As a complement to renewables and energy efficiency, CCUS and CCU offer an important bridge to a cleaner energy future, allowing us to be smarter about fossil fuels.


– ARI (2015) Advanced Resources International: Screening-Level Assessment of Enhanced Coalbed Methane and CO2 Enhanced Oil Recovery Opportunities in India
– IEA (2015) International Energy Agency World Energy Outlook
– Government of India (2015): India’s Intended Nationally Determined Contribution
– Kuuskraa VA, Stevens SH (2009) World gas shales and unconventional gas: a status report. Presented at United Nations Climate Change Conference, Copenhagen, Dec 2009

UNA-UK thanks Jupiter Oxygen for its generous support for Climate 2020



Dr Vikram Vishal, Assistant Professor from the Indian Institute of Technology Bombay, was awarded the Indian National Science Academy Medal for Young Scientist 2017 and the National Award 2017 by the Indian Ministry of Earth Sciences. He received the awards for his research on CO2 capture and storage combined with methane recovery in coal beds.

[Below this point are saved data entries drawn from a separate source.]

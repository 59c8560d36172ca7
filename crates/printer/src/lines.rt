//! Lines: the terms of one coefficient.
ghost use Rattle.std.specs.Prelude.{◌≡◌, ◌++◌, ℕ, ◌≤◌, false, IfOk, codes, decimal, take};
ghost use Rattle.ps_model.specs.BlockText.{newline, terms_text};
ghost use Rattle.printer.specs.Lines.{listed, has_texts, texts_of, coefficient_line, coefficient_lines};
ghost use Rattle.printer.specs.Rows.{terms_up_to};
ghost use Rattle.printer.specs.Buffered.{Buffered};

use crate::buffer::TextBuffer;
use crate::coefficients::Coefficients;
use crate::putting::{put, write_numbered};
use crate::terms::{Variables, write_terms};
use ports::{Sink, WriteFault};
use ps_model::NameView;

/// The line that tells the precision.
pub(crate) fn write_precision<K: Sink>(
    sink: &mut K,
    buffer: &mut TextBuffer,
    d: u32,
) -> Result<(), WriteFault>
    ensures { Buffered result (K.written sink.old) (K.written sink.new) buffer.old
        buffer.new (K.faults sink.old) (K.faults sink.new) (codes "precision " ++ decimal d ++ newline) }
{
    write_numbered(sink, buffer, b"precision ", u64::from(d))?;
    put(sink, buffer, b"\n")
}

/// The lines of the coefficients from `Y^top` down to Y^0, up to degree d.
pub(crate) fn write_lines<N: NameView, C: Coefficients, K: Sink>(
    sink: &mut K,
    buffer: &mut TextBuffer,
    variables: &Variables<'_, N>,
    coefficients: &C,
    top: u32,
    d: u32,
) -> Result<(), WriteFault>
    requires { (power r : ℕ) → power ≤ top → r ≤ d → C.Has coefficients.now power r }
    ensures { Buffered result (K.written sink.old) (K.written sink.new) buffer.old
        buffer.new (K.faults sink.old) (K.faults sink.new) (coefficient_lines (take variables.now.count
        (N.names variables.now.names.now)) d (C.part_of coefficients.now) top) }
{
    for power in (0..=top).rev() {
        write_line(sink, buffer, variables, coefficients, power, d)?;
    }
    Ok(())
}

/// The line of the coefficient of `Y^power`.
fn write_line<N: NameView, C: Coefficients, K: Sink>(
    sink: &mut K,
    buffer: &mut TextBuffer,
    variables: &Variables<'_, N>,
    coefficients: &C,
    power: u32,
    d: u32,
) -> Result<(), WriteFault>
    requires { (r : ℕ) → r ≤ d → C.Has coefficients.now power r }
    ensures { Buffered result (K.written sink.old) (K.written sink.new) buffer.old
        buffer.new (K.faults sink.old) (K.faults sink.new) (coefficient_line (take variables.now.count
        (N.names variables.now.names.now)) d (C.part_of coefficients.now) power) }
{
    write_numbered(sink, buffer, b"Y^", u64::from(power))?;
    put(sink, buffer, b": ")?;
    write_coefficient(sink, buffer, variables, coefficients, power, d)?;
    put(sink, buffer, b"\n")
}

/// The terms of the degrees 0 to d of the coefficient of `Y^power`, or `0`.
pub(crate) fn write_coefficient<N: NameView, C: Coefficients, K: Sink>(
    sink: &mut K,
    buffer: &mut TextBuffer,
    variables: &Variables<'_, N>,
    coefficients: &C,
    power: u32,
    d: u32,
) -> Result<(), WriteFault>
    requires { (r : ℕ) → r ≤ d → C.Has coefficients.now power r }
    ensures { Buffered result (K.written sink.old) (K.written sink.new) buffer.old
        buffer.new (K.faults sink.old) (K.faults sink.new) (terms_text (take variables.now.count
        (N.names variables.now.names.now)) (terms_up_to (C.part_of coefficients.now power) d)) }
{
    if !write_degrees(sink, buffer, variables, coefficients, power, d)? {
        return put(sink, buffer, b"0");
    }
    Ok(())
}

/// The terms of the degrees 0 to d, in this order; whether there are some.
fn write_degrees<N: NameView, C: Coefficients, K: Sink>(
    sink: &mut K,
    buffer: &mut TextBuffer,
    variables: &Variables<'_, N>,
    coefficients: &C,
    power: u32,
    d: u32,
) -> Result<bool, WriteFault>
    requires { (r : ℕ) → r ≤ d → C.Has coefficients.now power r }
    ensures wrote { Buffered result (K.written sink.old) (K.written sink.new) buffer.old
        buffer.new (K.faults sink.old) (K.faults sink.new) (listed false (texts_of (take variables.now.count
        (N.names variables.now.names.now)) (terms_up_to (C.part_of coefficients.now power) d))) }
    ensures some { IfOk result (λ some. some ≡ has_texts (texts_of (take variables.now.count
        (N.names variables.now.names.now)) (terms_up_to (C.part_of coefficients.now power) d))) }
{
    let mut some = false;
    for r in 0..=d {
        let terms = coefficients.part(power, r).terms();
        write_terms(sink, buffer, variables, terms, some)?;
        if !terms.is_empty() {
            some = true;
        }
    }
    Ok(some)
}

What are the most innovative parts of your discovery? I generated underground conditions in the laboratory and replicated the movement of liquefied CO2 into the rocks. This enabled a significant advance in the understanding of carbon dioxide’s phase change behaviour in deep-seated reservoirs. The results have been used to model the CO2 storage capacity vis-à-vis enhanced gas recovery potential for selected Indian reservoirs. The models worked well to predict values of additional methane recovery. We are now ready for field-based trials in the prospective basins.

Where did your ideas come from? I grew up in an industrial city in India and was intrigued by the fate of black smoke emitted from the chimneys. I chose to study the storage of CO2, produced by large coal-fired power plants located in close proximity to the coal fields. I was primarily motivated to look for ways to improve our energy security, but was also looking to reduce the cost of CO2 storage.

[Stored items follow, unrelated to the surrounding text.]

//! Blocks.
ghost use Rattle.std.specs.Prelude.{◌≡◌, ◌++◌, ℕ, ◌+◌, ◌<◌, ◌≤◌, IsTrue, length, slice_get, codes, decimal};
ghost use Rattle.ps_model.specs.BlockText.{newline, factor_text, lead_text};
ghost use Rattle.ps_model.specs.declared.job.Root.{Root as RootOf};
ghost use Rattle.parts.specs.Series.{series};
ghost use Rattle.printer.specs.Texts.{factor_to, lead_to, view_text};
ghost use Rattle.printer.specs.View.{HasUpTo};
ghost use Rattle.printer.specs.Buffered.{Buffered};
ghost use Rattle.printer.specs.Wrote.{Wrote};

use crate::buffer::TextBuffer;
use crate::coefficients::{FactorParts, LeadParts};
use crate::lines::{write_coefficient, write_lines, write_precision};
use crate::putting::{flush, put, write_numbered};
use crate::terms::Variables;
use crate::view::{BlockView, variables_of};
use ports::{Sink, WriteFault};
use ps_model::Root;

/// Writes the block of precision d: a line for the precision, one for the lead where it is shown,
/// and for each factor a line of its root and one for each coefficient, by falling power of Y.
///
/// The terms of a line stand by rising degree, those of one degree by falling powers of the first
/// variable, then of the next. On a fault a beginning of the block is written. It goes over the
/// parts once, takes no memory, and gives the sink about 1,000 bytes at once.
pub fn write_block<V: BlockView, K: Sink>(sink: &mut K, view: &V, d: u32) -> Result<(), WriteFault>
    requires { HasUpTo (V.value view.now) d }
    ensures { Wrote result (K.written sink.old) (K.written sink.new) (K.faults sink.old)
        (K.faults sink.new) (view_text (V.names view.now) (V.value view.now) d) }
{
    let mut buffer = TextBuffer::new();
    put_block(sink, &mut buffer, view, d)?;
    flush(sink, &mut buffer)
}

/// The block of precision d.
fn put_block<V: BlockView, K: Sink>(
    sink: &mut K,
    buffer: &mut TextBuffer,
    view: &V,
    d: u32,
) -> Result<(), WriteFault>
    requires { HasUpTo (V.value view.now) d }
    ensures { Buffered result (K.written sink.old) (K.written sink.new) buffer.old
        buffer.new (K.faults sink.old) (K.faults sink.new) (view_text (V.names view.now)
        (V.value view.now) d) }
{
    write_precision(sink, buffer, d)?;
    let shown = view.has_lead();
    if shown {
        write_lead(sink, buffer, view, d)?;
    }
    for i in 0..view.factors() {
        write_factor(sink, buffer, view, i, d)?;
    }
    Ok(())
}

/// The line of the lead.
fn write_lead<V: BlockView, K: Sink>(
    sink: &mut K,
    buffer: &mut TextBuffer,
    view: &V,
    d: u32,
) -> Result<(), WriteFault>
    requires { HasUpTo (V.value view.now) d }
    ensures { Buffered result (K.written sink.old) (K.written sink.new) buffer.old
        buffer.new (K.faults sink.old) (K.faults sink.new)
        (lead_text (series (V.value view.now).ring) (V.names view.now) d
        (Some (lead_to (V.value view.now) d))) }
{
    put(sink, buffer, b"lead: ")?;
    write_coefficient(sink, buffer, &variables_of(view), &LeadParts { view }, 0, d)?;
    put(sink, buffer, b"\n")
}

/// The lines of the factor at place i, from 0; they count it from 1.
fn write_factor<V: BlockView, K: Sink>(
    sink: &mut K,
    buffer: &mut TextBuffer,
    view: &V,
    i: u32,
    d: u32,
) -> Result<(), WriteFault>
    requires factor { i < length (V.value view.now).roots }
    requires known { HasUpTo (V.value view.now) d }
    ensures { (root : RootOf) → slice_get (V.value view.now).roots i ≡ Some root
        → Buffered result (K.written sink.old) (K.written sink.new) buffer.old
        buffer.new (K.faults sink.old) (K.faults sink.new)
        (factor_text (series (V.value view.now).ring) (V.names view.now) d
        (i + 1) root (factor_to (V.value view.now) d i)) }
{
    let root = view.root(i);
    write_head(sink, buffer, u64::from(i) + 1, root)?;
    write_lines(
        sink,
        buffer,
        &variables_of(view),
        &FactorParts { view, factor: i },
        root.times,
        d,
    )
}

/// The first line of the factor with this number.
fn write_head<K: Sink>(
    sink: &mut K,
    buffer: &mut TextBuffer,
    number: u64,
    root: Root,
) -> Result<(), WriteFault>
    ensures { Buffered result (K.written sink.old) (K.written sink.new) buffer.old
        buffer.new (K.faults sink.old) (K.faults sink.new) (codes "factor "
        ++ decimal number ++ codes " root "
        ++ decimal root.value ++ codes " times " ++ decimal root.times ++ newline) }
{
    write_numbered(sink, buffer, b"factor ", number)?;
    write_numbered(sink, buffer, b" root ", root.value)?;
    write_numbered(sink, buffer, b" times ", u64::from(root.times))?;
    put(sink, buffer, b"\n")
}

What is the biggest obstacle to the take-up of this technology? The first is the need to build a more complete understanding of the geological uncertainties. Other challenges relate to training, better information on the capture and storage sites, the economics of the operation and improving social awareness. However, these challenges are all addressable. Site-specific studies and pilot projects should be explored. Support from the government, the involvement of the industry, international collaboration and more focused R&D will be instrumental to success. Encouragingly, India appears to be ready to work on these and is showing commitment to address climate change.